30 de mayo de 2007

Hay otras islas

Esta mañana me detuve frente a la costa y descubrí qué es lo que más amo del mar. Miré lejos y palpé su inmensidad, su vasta superficie liquida. Y supe que amaba esa inmensidad, esa calma, y su porte inconmovible, que me eleva allá lejos. Muy lejos. Tan sólo en una mirada.

Hoy estuve en Acui. Lloviznaba y me senté sobre el esqueleto de un antiguo lanchón fúnebre, despanzurrado, guarida de pequeñas aves marinas. Lentamente escampó y comenzaron a oírse risas de niños, graznidos, ladridos y aleteos. Corrió suave viento. El mar yació inmóvil y sedoso, aun quieto, aún inmenso.

Para llegar aquí navegamos mar adentro un tiempo desconocido. La línea de la costa apareció en medio de la niebla como una ballena dormida, la misma que halló Simbad en medio del océano. Al varar bajamos los pertrechos, y la lancha verde que nos había traído se fue dejándonos a nuestra suerte. La sede habilitada como Estación Médico Rural, era una pena. Oscura, triste y sucia. Y desprovista casi completamente de instalaciones para apoyar las atenciones de salud que la ronda realiza en sus visitas.

De a poco comenzó a llegar gente. En su mayoría de edad mayor y niños. Esta vez nos acompañaba un médico, y la voz se corrió rápidamente por las casas de las 18 familias que habitan esta pequeña isla… Cuenta la historia que en el origen llegaron aquí tres o cuatro matrimonios que decidieron quedarse, y que el total de familias que hoy habitan aquí proviene de las sucesivas uniones que tuvieron lugar entre sus descendientes…

La sede apenas tiene un box, o más bien, una salita con puerta y camilla. Ni baño, ni estufa, ni sillas para esperar. Y los pacientes llegan y llegan, en búsqueda de atención, de alivio o de escucha.
Como no hay lugar, improviso una entrevista en un pasillo de la escuela hoy vacía. Claudia me cuenta que varios en su familia son diabéticos, y eso equivale a decir que varios en la isla lo son, o al menos podrían llegar a serlo por heredad.

Al terminar aún queda tiempo y me voy hacia la punta este de la playa. En el kilómetro de ida y vuelta que recorro, retomo todas mis viejas aficiones; mis vicios de exploradora ermitaña. Y fotografío aves, botes, redes, rocas y huellas en la arena; recojo pequeñas piedras transparentes que inmortalizo en mis bolsillos o quizás en la mano de alguien; camino por la orilla metiendo los zapatos al agua; vago con la mirada itinerando entre horizonte y sucesos cotidianos que probablemente sólo a mí me interesan.
Frente a la escuela un hombre “achica” el agua de su bote varado, usando un tubo de goma y un palo con una suerte de tapón adherido a la base.

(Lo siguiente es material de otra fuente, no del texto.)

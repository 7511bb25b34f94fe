//! A whole script, read line by line.
ghost use Rattle.std.specs.Prelude.{◌≡◌, ◌+◌, ◌≤◌, Result, Option, map, vec_len, IfOk, IfSome};
ghost use Rattle.std.specs.List.{All};
ghost use Rattle.tp_model.specs.declared.types.TheConstants.{MAX_PASSES};
ghost use Rattle.tp_script.specs.declared.fault.LineFault.{LineFault};
ghost use Rattle.tp_script.specs.declared.head.Said.{Said};
ghost use Rattle.tp_script.specs.Passes.{has_race, racing};
ghost use Rattle.tp_script.specs.Ranges.{IsActInRange, IsActInRange-prop, IsSaidInRange};

use crate::fault::{LineError, LineFault};
use crate::grammar::line_words;
use crate::head::{Act, Head, Said};
use std::alloc::Global;
use tp_model::types::MAX_PASSES;

/// A script that was read.
#[derive(Drop)]
pub struct Script {
    /// Its settings and servers.
    pub head: Head,
    /// What its commands ask for, in their order.
    pub acts: Vec<Act>,
    /// Whether it asks for the closing account, after all commands.
    pub account: bool,
    // How many passes its races need.
    racers: u16,
    ghost racers_counted: { racers ≡ racing acts.items },
    ghost few_passes: { 1 + vec_len head.servers + racers ≤ MAX_PASSES },
    ghost acts_in_range: { All (IsActInRange (vec_len head.servers)) acts.items } by { Prim.hlevel IsActInRange-prop },
}

impl Script {
    ghost use Rattle.tp_script.specs.Grammar.{head_words};
    ghost use Rattle.tp_script.specs.Reading.{Gives, GivesScript};
    ghost use Rattle.tp_script.specs.Script.{ScriptView, head_view, passes, script_view};
    ghost use Rattle.tp_script.specs.Whole.{behind_account, line_at, no_lines, with_act, with_said};
    ghost use Rattle.tp_script.specs.Whole.{words_line};

    /// A script without lines.
    pub(crate) fn new(alloc: Global) -> Script
        ensures { script_view result ≡ no_lines }
    {
        Script {
            head: Head::new(alloc),
            acts: Vec::new(alloc),
            account: false,
            racers: 0,
        }
    }

    /// How many passes it needs: the client's, one for each server, and those of its races.
    pub fn passes(&self) -> u16
        ensures value { result ≡ passes (script_view self.now) }
        ensures bound { result ≤ MAX_PASSES }
    {
        1 + self.head.servers.len() as u16 + self.racers
    }

    /// How many passes its races need, 0 without races.
    pub fn racers(&self) -> u16
        ensures value { result ≡ racing self.now.acts.items }
        ensures bound { 1 + vec_len self.now.head.servers + result ≤ MAX_PASSES }
    {
        self.racers
    }

    /// Whether there is a race among its commands.
    pub fn has_race(&self) -> bool
        ensures { result ≡ has_race self.now.acts.items }
    {
        self.acts.iter().any(|act| act.is_race())
    }

    // Adds what a command asks for, unless the script needs more passes then than there can be.
    #[tactic(auto, unfolding(crate::specs::Whole::with_act), using(std::proofs::lemmas::List::Sums::sum_by_push, crate::proofs::ScriptLemmas::all_in_range_push))]
    fn add(&mut self, act: Act) -> Result<(), LineError>
        requires { IsActInRange (vec_len self.old.head.servers) act }
        ensures { GivesScript self.new result (with_act act (script_view self.old)) }
    {
        let racers = act.racers();
        if racers > MAX_PASSES - self.passes() {
            return Err(LineFault::BadLimits.into());
        }
        self.acts.push(act)?;
        self.racers += racers;
        Ok(())
    }

    // Adds what a line says, if it says something.
    fn add_said(&mut self, said: Option<Said>) -> Result<(), LineError>
        requires { IfSome said (IsSaidInRange (vec_len self.old.head.servers)) }
        ensures { GivesScript self.new result (with_said said (script_view self.old)) }
    {
        match said {
            None => Ok(()),
            Some(Said::Account) => {
                self.account = true;
                Ok(())
            }
            Some(Said::Act(act)) => self.add(act),
        }
    }

    // What the words of a line of the head say, up to the first command.
    #[tactic(auto, using(crate::proofs::ScriptLemmas::racing_none, crate::proofs::ScriptLemmas::all_in_range_none))]
    fn head_words(&mut self, alloc: Global, words: &[&[u8]]) -> Result<Option<Said>, LineError>
        requires { vec_len self.old.acts ≡ 0 }
        ensures gives { Gives (λ s. (head_view self.new.head, s)) result
            (head_words (map (λ x. x.now) words.now) (head_view self.old.head)) }
        ensures in_range { IfOk result (λ said. IfSome said
            (IsSaidInRange (vec_len self.new.head.servers))) }
        ensures acts { self.new.acts ≡ self.old.acts }
        ensures account { self.new.account ≡ self.old.account }
    {
        self.head.head_words(alloc, words)
    }

    // What the words of a line say.
    #[tactic(auto, unfolding(crate::specs::Whole::words_line))]
    fn words_line(&mut self, alloc: Global, words: &[&[u8]]) -> Result<(), LineError>
        ensures { GivesScript self.new result
            (words_line (map (λ x. x.now) words.now) (script_view self.old)) }
    {
        if self.account {
            return Script::behind_account(self.head.body_words(alloc, words));
        }
        let said = if self.acts.is_empty() {
            self.head_words(alloc, words)?
        } else {
            self.head.body_words(alloc, words)?
        };
        self.add_said(said)
    }

    /// Adds what a line says.
    #[tactic(auto, unfolding(crate::specs::Whole::line_at))]
    pub(crate) fn line(&mut self, alloc: Global, line: &[u8]) -> Result<(), LineError>
        ensures { GivesScript self.new result (line_at line.now (script_view self.old)) }
    {
        let words = line_words(alloc, line)?;
        self.words_line(alloc, words.as_slice())
    }

    // What a line is behind `account`, which said this.
    fn behind_account(read: Result<Option<Said>, LineError>) -> Result<(), LineError>
        ensures { (said : Result (Option Said) LineFault) → (s : ScriptView) → Gives (λ a. a) read said
            → Gives (λ _. s) result (behind_account said s) }
    {
        match read {
            Ok(None) => Ok(()),
            Ok(Some(_)) => Err(LineFault::Order.into()),
            Err(LineError::NoMemory) => Err(LineError::NoMemory),
            Err(LineError::Fault(LineFault::Syntax)) => Err(LineFault::Syntax.into()),
            Err(_) => Err(LineFault::Order.into()),
        }
    }
}
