//! The head of a script, and what the lines behind it say.
ghost use Rattle.std.specs.Prelude.{◌≡◌, ◌≤◌, vec_len};
ghost use Rattle.tp_script.specs.declared.script.TheConstants.{MAX_SERVERS};

use crate::script::{Command, MAX_SERVERS, Race, ScriptServer, Settings};
use std::alloc::Global;

/// What a line asks for.
#[derive(Drop)]
pub enum Act {
    /// A command of the client or of a server's desk, or a report of registers.
    Command(Command),
    /// A race is run.
    Race(Race),
    /// The servers take turns until a whole round of them finds nothing.
    Drain,
    /// The same by turns that take the element whose turn it is.
    DrainNext,
    /// What is alive goes on in a new manager.
    Rollover,
}

impl Act {
    ghost use Rattle.tp_script.specs.Passes.{is_race, racers};

    /// Whether it is a race.
    pub fn is_race(&self) -> bool
        ensures { result ≡ is_race self.now }
    {
        matches!(self, Act::Race(_))
    }

    /// How many passes it needs for itself: those of a race's clients and killers.
    pub fn racers(&self) -> u16
        ensures { result ≡ racers self.now }
    {
        match self {
            Act::Race(race) => u16::from(race.clients) + u16::from(race.killers),
            _ => 0,
        }
    }
}

/// What a line behind the settings and servers says.
#[derive(Drop)]
pub enum Said {
    /// This is done.
    Act(Act),
    /// The closing account is reported behind all that is done.
    Account,
}

/// The lines before the first command: settings and servers.
#[derive(Drop)]
pub struct Head {
    /// The limits that they set.
    pub settings: Settings,
    /// The servers, in the order of their lines.
    pub servers: Vec<ScriptServer>,
    ghost few_servers: { vec_len servers ≤ MAX_SERVERS },
}

impl Head {
    ghost use Rattle.tp_script.specs.Script.{head_view, no_head};

    /// A head without lines.
    pub fn new(alloc: Global) -> Head
        ensures { head_view result ≡ no_head }
    {
        Head {
            settings: Settings {
                rows: 64,
                units: 256,
                attempts: 3,
                spare: 0,
            },
            servers: Vec::new(alloc),
        }
    }
}
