//! A script from its bytes.
ghost use Rattle.std.specs.Prelude.{◌≡◌, ◌+◌, ◌^◌, ◌<◌, ◌≤◌, IfSome, IsErrOf, IsTrue};
ghost use Rattle.tp_script.specs.declared.source.TheConstants.{MAX_READS};
ghost use Rattle.tp_script.specs.Whole.{script};
ghost use Rattle.tp_script.specs.Reading.{ReadsAs, fault_at};

use crate::fault::{LineError, LineFault, ReadFault, Refused};
use crate::source::{MAX_SCRIPT_BYTES, Source, read_all};
use crate::text::lines;
use crate::whole::Script;
use std::alloc::Global;

/// The fault of a line.
pub(crate) fn at_line(line: u32, error: LineError) -> ReadFault
    ensures { result ≡ fault_at line error }
{
    match error {
        LineError::NoMemory => ReadFault::NoMemory,
        LineError::Fault(fault) => ReadFault::Script(Refused { line, fault }),
    }
}

/// The script that bytes say.
pub fn parse(alloc: Global, bytes: &[u8]) -> Result<Script, ReadFault>
    ensures script { ReadsAs result (script bytes.now) }
    ensures no_read { ¬ (IsErrOf result ReadFault.Read) }
{
    if bytes.len() > MAX_SCRIPT_BYTES {
        return Err(at_line(0, LineError::Fault(LineFault::TooLong)));
    }
    let lines = lines(alloc, bytes)?;
    let mut script = Script::new(alloc);
    let mut line = 1;
    for text in &lines {
        match script.line(alloc, text) {
            Ok(()) => line += 1,
            Err(error) => return Err(at_line(line, error)),
        }
    }
    Ok(script)
}

/// The script that a source gives.
pub fn read_script<S: Source>(alloc: Global, source: &mut S) -> Result<Script, ReadFault>
    requires { S.asked source.old + MAX_READS < 2 ^ 64 }
    ensures script { IfSome (S.rest source.old) (λ bytes. ReadsAs result (script bytes)) }
    ensures asked { S.asked source.new ≤ S.asked source.old + MAX_READS }
    ensures fault { IsErrOf result ReadFault.Read → IsTrue (S.has_failed source.new) }
{
    let bytes = read_all(alloc, source)?;
    parse(alloc, bytes.as_slice())
}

Desconozco el invento, pero prueba su eficiencia escupiendo gruesos chorros de agua que horadan la arena. Cuando termina su tarea, se detiene silencioso a observar la lancha de carabineros que nos ha transportado: fibra de vidrio, cabina techada, gran motor fuera de borda… el sueño del pibe, o del hombre de mar al menos, el que pesca con red, o bucea con hoocka en un pesado y hermoso bote de madera sin tiempo.

A la vuelta, llueve finamente otra vez. Han sido varias horas y en la lancha flota un silencio cansado mientras navegamos de vuelta a Queilen.
El ronroneo del motor permite el trance; mi vista en el horizonte permite tu recuerdo.
En un salto despierto a la arena, hemos vuelto.